One of my strengths is my ability to help my clients move beyond the patterns of being stuck in or triggered by past emotional wounds by learning learning valuable self healing techniques and relational skills. I use a blend of mindfulness (including guided visualizations), somatic and experiential techniques such as breath work, grounding, chakra clearing, body check ins, Emotional Freedom Technique (self tapping), Conscious love (inspired by John Welwood), Conscious Parenting, (inspired by Shefali Tsbary), and Soul work/Shadow work, inspired by Carl Jung, Thomas Moore, and David Richo.
In my own personal life I have benefited tremendously from learning to walk a path of mindfulness, conscious romantic love, conscious parenting, and shadow work.

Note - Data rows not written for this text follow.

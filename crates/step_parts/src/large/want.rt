//! An allocation of a run of units.

ghost use Rattle.std.specs.Prelude.{◌≡◌};
ghost use Rattle.heap_geometry.specs.Geometry.{IsChecked, IsWithin};
ghost use Rattle.heap_geometry.specs.declared.geometry.Geometry.{Geometry};
ghost use Rattle.heap_geometry.specs.declared.limits.TheConstants.{MAX_UNITS};
ghost use Rattle.step_parts.specs.large.Points.{first_wanted};
ghost use Rattle.step_parts.specs.large.Runs.{WantFields, IsWant};
ghost use Rattle.step_parts.specs.large.Units.{IsFirstRun};

use crate::large::units::first_run;
use heap_geometry::geometry::Geometry;
use std::marker::Model;

/// An allocation of a run of units, in a heap with these numbers.
#[derive(Clone, Copy)]
pub struct Want {
    geometry: Geometry,
    units: u8,
}

impl Model for Want {
    ghost use Rattle.step_parts.specs.large.Runs.{WantFields, IsWant};

    ghost Value = { WantFields };

    ghost view = { λ w. record { geometry = w.geometry; units = w.units } };

    ghost invariant = { λ w. IsWant (record { geometry = w.geometry; units = w.units }) };

    ghost inverse = { λ w. record { geometry = w.geometry; units = w.units } };
}

impl Want {
    /// So many units are wanted, in a heap with these numbers.
    pub fn new(geometry: Geometry, units: u8) -> Want
        requires { IsWant (record { geometry = geometry; units = units }) }
        ensures { result ≡ record { geometry = geometry; units = units } }
    {
        Want { geometry, units }
    }

    /// The heap's numbers.
    pub fn geometry(self) -> Geometry
        ensures value { result ≡ self.geometry }
        ensures checked { IsChecked result }
    {
        self.geometry
    }

    /// How many units are wanted.
    pub fn units(self) -> u8
        ensures value { result ≡ self.units }
        ensures within { IsWithin 1 MAX_UNITS result }
    {
        self.units
    }

    /// The first unit of the lowest free run of as many units, where these bits say which units are
    /// taken; `None` where the heap has none.
    pub fn first(self, bits: u64) -> Option<u8>
        ensures value { result ≡ first_wanted self bits }
        ensures exact { IsFirstRun bits self.geometry.units self.units result }
    {
        first_run(bits, self.geometry.units as u8, self.units)
    }
}
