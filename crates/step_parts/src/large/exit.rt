//! The exits by which a caller leaves a large block, a usable word or a shelf.

use crate::large::run::UnitRun;
use heap_geometry::need::Need;

/// How a caller left a large block, a usable word or a shelf. No step is made here.
///
/// `place` is the arena word of a block's prefix word, and `need` says which blocks the block is one
/// of.
#[derive(Clone, Copy)]
pub enum LargeExit {
    /// The run is handed out.
    GivenRun { place: u32, run: UnitRun },
    /// No run of as many units is free.
    NoRun,
    /// The run is freed.
    FreedRun,
    /// The word is written.
    Wrote,
    /// The word that was read.
    Word { value: u64 },
    /// The block lies on the shelf.
    PutDone,
    /// Something else lies on the shelf: its word.
    ShelfFull { found: u64 },
    /// The block was taken from the shelf.
    Got { place: u32, need: Need },
    /// Nothing lies on the shelf.
    NothingThere,
    /// The shelf's word was another one than the one that was read before.
    Missed { expected: u64, found: u64 },
}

When I know it will help, my clients will hear one of my own real life examples of how I have worked through my old stories and fears and how I have healed and transformed. We all need a little inspiration sometimes, especially when we are in a place of despair. These are the gems that I can help you discover. I find that woven together, these practices allow us to walk a path led by divine love and light. Here, we learn how to allow our own inner light to embrace our shadow, our inner darkness in all of it’s pain and fear, and all of it’s hidden strength and beauty.
We learn to face our fears by embracing our pain. Then, we track the deeper story behind the pain and the mood of un-love that we keep circling back to. Realizing from our new perspective, that this story that we are “unlovable” or “not good enough” or “not beautiful enough” is not true, we can then rewrite these self-limiting, pain provoking stories.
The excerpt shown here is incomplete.